La noticia de la derrota de Veracruz hacía que muchos fueran partidarios de abandonar Tenochtitlán por la noche con el mayor sigilo. Pero Cortés tenía su propia idea.
—No nos precipitemos, señores, que hay mucho que hacer. Por el momento, concentrémonos en lo que nos queda por delante, que no será fácil. Un tesoro solo se disfruta estando sanos y salvos. Es nuestro objetivo.
8
Tranquilos no estaban ninguno de los hombres a caballo que se presentaron en el palacio de Moctezuma aquella tarde.
El ceremonial era impresionante. Moctezuma tenía a su servicio no menos de doscientos servidores armados. En su presencia cualquier cacique debía descalzarse, quitarse la manta rica, ponerse otra de poca valía, y entrar y salir con los ojos bajos sin cruzar su mirada y repitiendo, con tres reverencias: «Señor, mi señor, mi gran señor». Y marcharse luego andando hacia atrás sin darle nunca la espalda.
Los españoles no gastaban tanto protocolo.

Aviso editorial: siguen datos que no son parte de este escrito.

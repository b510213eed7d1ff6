//! Paths.

ghost use Rattle.std.specs.Prelude.{◌≡◌, ◌<◌, ◌≤◌, length, OnOk};
ghost use Rattle.slot_lang.specs.Expressions.{spell_root, spell_names, spell_path};
ghost use Rattle.slot_lang.specs.code.Expressions.{EndsFactor};
ghost use Rattle.slot_lang.specs.Grammar.{spell_target};
ghost use Rattle.token_reading.specs.code.Reading.{Reads, EndsAnywhere};
ghost use Rattle.syntax_trees.specs.declared.syntax.Path.{Path};

use basic_types::{Name, Word};
use sqlite_items::Items;
use syntax_trees::{Path, Root};
use texts::Symbol;
use token_reading::{Cursor, ParseFault, Part};

/// `("this" | Name) {"." Name}`
///
/// `Syntax` where the tokens begin with no path, and only there; `Memory` where a growth of memory was refused.
pub fn path(cursor: &mut Cursor) -> Result<Path, ParseFault>
    ensures reads { Reads spell_path (λ path. path) EndsFactor cursor.old result cursor.new }
    ensures shorter { OnOk result (length cursor.new < length cursor.old) }
{
    let root = root(cursor)?;
    let properties = names(cursor)?;
    Ok(Path { root, properties })
}

/// `"this" | Name`
fn root(cursor: &mut Cursor) -> Result<Root, ParseFault>
    ensures reads { Reads spell_root (λ root. root) EndsAnywhere cursor.old result cursor.new }
    ensures shorter { OnOk result (length cursor.new < length cursor.old) }
{
    if cursor.eat_word(Word::This) {
        return Ok(Root::This);
    }
    let name = cursor.name()?;
    Ok(Root::Name(name))
}

/// `{"." Name}`
pub fn names(cursor: &mut Cursor) -> Result<Items<Name>, ParseFault>
    ensures reads { Reads spell_names (λ names. names) EndsFactor cursor.old result cursor.new }
    ensures no_longer { OnOk result (length cursor.new ≤ length cursor.old) }
{
    let mut names = Items::new(cursor.alloc());
    while cursor.eat(Symbol::Dot) {
        let name = cursor.name()?;
        names.push(name)?;
    }
    Ok(names)
}

/// `path "." Name`: a path with a name at its end, which leads to a member of what the path leads to.
pub fn target(cursor: &mut Cursor) -> Result<(Path, Name), ParseFault>
    ensures reads { Reads spell_target (λ target. target) EndsFactor cursor.old result cursor.new }
    ensures shorter { OnOk result (length cursor.new < length cursor.old) }
{
    let path = path(cursor)?;
    let Path {
        root,
        mut properties,
    } = path;
    match properties.pop() {
        Some(member) => Ok((Path { root, properties }, member)),
        None => Err(ParseFault::Syntax),
    }
}

/// A path, as a part of a list or an end of a connection.
pub struct PathPart;

impl Part for PathPart {
    type Tree = Path;

    ghost Reading = { Path };

    ghost spell = { spell_path };

    ghost tree = { λ path. path };

    ghost Ends = { EndsFactor };

    fn read(cursor: &mut Cursor) -> Result<Path, ParseFault> {
        path(cursor)
    }
}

Tras dejar los caballos con dos soldados en el patio, entraron y un criado los llevó a una sala donde Moctezuma recién almorzaba. Durante las comidas, al tlatoani se le servían una treintena de guisos con pequeños braseros de barro debajo para que no se enfriasen. A esa hora podían repartirse en palacio hasta mil platos, si se contaban los destinados a criados y guardia. El día anterior, a Cortés y a Alvarado les habían hecho escoger entre las aves que se preparaban las que más les apetecían. Los tlaxcaltecas decían que en palacio también se guisaban muchachos de corta edad, pero que ahora no lo hacían, excepcionalmente, por no disgustar a los españoles.
—Os espera al fondo… —dijo uno de los indios que les salía al paso.
Moctezuma estaba sobre cojines ante una mesa baja cubierta con mantel de lino. Al entrar los teules, unas mujeres les ofrecieron agua para las manos en aguamaniles. Los ancianos con quienes platicaba eran consejeros o magistrados. Permanecían de pie a un lado sin mirarle nunca a la cara. A ratos, Moctezuma les ofrecía uno u otro plato mientras los ancianos disfrutaban en jarras grandes de una bebida a base de cacao que llamaban xocolatl.
El tlatoani había terminado de comer, pero seguía sentado a la mesa. Mientras se retiraban los platos, inhaló el humo de las hojas de una planta, el tabaco, que los mexicas quemaban enrolladas en canutos. Tres mujeres impúberes bailaban y cantaban suavemente. Llevaban vestidos no muy diferente del huipil maya y collares de obsidiana más ricos que los de Marina.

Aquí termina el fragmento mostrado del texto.